The new rules won't be backdated and will only apply to pay periods which begin on or after 6th April. Members of the armed forces and merchant seamen and women will also be excluded from the changes.
The increased transparency is designed to help people understand what they are paying in national insurance, tax and pension contributions.
Alan Price, employment rights expert at HR firm Peninsula, provided a more detailed run down of what the changes might mean for you.
Price told The Mirror: "Importantly, for pay periods starting on or after 6th April, the right to receive an itemised pay statement will be extended to include both workers and employees. Previously this right was reserved only for employees, however businesses must now ensure 'workers', including casual and zero-hours, also receive detailed payslips on or before the date of payment of salary.

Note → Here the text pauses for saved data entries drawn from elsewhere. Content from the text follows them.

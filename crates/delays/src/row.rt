// The lines of delays and the like, each by itself.
ghost use Rattle.std.specs.Prelude.{◌≡◌, false, OnOk, [], ◌∷◌, ◌++◌, vec_items};
ghost use Rattle.lines.specs.Words.{words};
ghost use Rattle.fields.specs.Fields.{field};
ghost use Rattle.fields.specs.declared.line.Line.TheVariants.{Delay};
ghost use Rattle.delays.specs.Row.{and_then, numbers, number_after, bit_of, bits, entry_after, bit_after, gate_of, delay_after};
ghost use Rattle.delays.specs.Meaning.{Valued};

use fields::{Expected, Line};
use lines::Words;
use script::Entry;
use std::alloc::{AllocError, Global};

// A place past the gates of every circuit.
const NO_GATE: u32 = u32::MAX;

// Just N numbers, after the first word of a line.
#[tactic(auto, unfolding(crate::specs::Row::numbers))]
fn numbers<const N: usize>(text: &[u8], line: Line) -> Result<[u32; N], Expected>
    ensures { result ≡ numbers line N (words text.now) }
{
    fields::read::<N>(text, false, None)?.ok_or(Expected::After(line))
}

// Just one.
#[tactic(auto, unfolding(crate::specs::Row::number_after))]
pub(crate) fn number(text: &[u8], line: Line) -> Result<u32, Expected>
    ensures { result ≡ number_after line (words text.now) }
{
    let [number] = numbers::<1>(text, line)?;
    Ok(number)
}

// The same, for a seed.
pub(crate) fn seed(text: &[u8], line: Line) -> Result<u64, Expected>
    ensures { result ≡ number_after line (words text.now) }
{
    Ok(u64::from(number(text, line)?))
}

// The bit that a number is.
fn bit(number: u32) -> Result<bool, Expected>
    ensures { result ≡ bit_of number }
{
    match number {
        0 => Ok(false),
        1 => Ok(true),
        _ => Err(Expected::Bit),
    }
}

// The bit that a word is.
fn word_bit(word: &[u8]) -> Result<bool, Expected>
    ensures { result ≡ and_then (field false false word.now) bit_of }
{
    bit(lines::value(word)?)
}

// One bit more.
fn push(filled: &mut Vec<bool>, bit: bool) -> Result<(), AllocError>
    ensures { OnOk result (vec_items filled.new ≡ vec_items filled.old ++ (bit ∷ [])) }
{
    Ok(filled.push(bit)?)
}

// Adds the bit of each word, of which there have to be as many as registers.
fn fill(filled: &mut Vec<bool>, text: &[u8], registers: usize) -> Result<(), Expected>
    requires { vec_items filled.old ≡ [] }
    ensures { Valued (λ _. vec_items filled.new) (bits registers (words text.now)) result }
{
    let mut words = Words::new(text);
    while let Some(word) = words.next() {
        if filled.len() == registers {
            return Err(Expected::After(Line::Start));
        }
        push(filled, word_bit(word)?)?;
    }
    if filled.len() < registers {
        return Err(Expected::After(Line::Start));
    }
    Ok(())
}

// A bit for each register.
pub(crate) fn bits(heap: Global, text: &[u8], registers: usize) -> Result<Vec<bool>, Expected>
    ensures { Valued (λ v. vec_items v) (bits registers (words text.now)) result }
{
    let mut bits = Vec::new(heap);
    fill(&mut bits, text, registers)?;
    Ok(bits)
}

// Moment or cycle, register, and value.
#[tactic(auto, unfolding(crate::specs::Row::entry_after))]
pub(crate) fn entry(text: &[u8], at: usize, line: Line) -> Result<Entry, Expected>
    ensures { result ≡ entry_after at line (words text.now) }
{
    let [when, who, one] = numbers::<3>(text, line)?;
    Ok(Entry {
        line: at,
        when,
        who,
        one,
        two: 0,
    })
}

// The same where there has to be such a register, and the value is a bit.
#[tactic(auto, unfolding(crate::specs::Row::bit_after))]
pub(crate) fn bit_entry(
    text: &[u8],
    at: usize,
    line: Line,
    registers: usize,
) -> Result<Entry, Expected>
    ensures { result ≡ bit_after registers at line (words text.now) }
{
    let entry = entry(text, at, line)?;
    if entry.who as usize >= registers {
        return Err(Expected::Register);
    }
    bit(entry.one)?;
    Ok(entry)
}

// The gate whose output a signal is. One that is no gate's is out of bounds, as a gate past the last is.
fn gate_of(signal: u32, registers: usize) -> u32
    ensures { result ≡ gate_of registers signal }
{
    match (signal as usize).checked_sub(registers) {
        Some(gate) => gate as u32,
        None => NO_GATE,
    }
}

// Moment, signal, and two delays.
#[tactic(auto, unfolding(crate::specs::Row::delay_after))]
pub(crate) fn delay(text: &[u8], at: usize, registers: usize) -> Result<Entry, Expected>
    ensures { result ≡ delay_after registers at (words text.now) }
{
    let [when, signal, one, two] = numbers::<4>(text, Line::Delay)?;
    Ok(Entry {
        line: at,
        when,
        who: gate_of(signal, registers),
        one,
        two,
    })
}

"Another change for pay periods starting on or after 6 April is the requirement for the total number of hours worked to be included on payslips for all workers whose pay varies depending on the amount of time worked."
"The rules on this can be tricky; all hourly paid workers will be within scope of this new requirement, as well as salaried hours staff who are paid the same each month for their basic hours but also work overtime and receive extra money for this. In the latter scenario, the payslip will only need to show the hours relating to the overtime, and not the salaried work, because it is the overtime that has made pay vary.
"Where the number of hours is to be included, the hours must be clearly listed as either one total of all the hours which vary pay, or separate hourly figures for each variation of pay."
Put simply, if your employer doesn't provide you with a proper payslip after that, you can take them to a tribunal.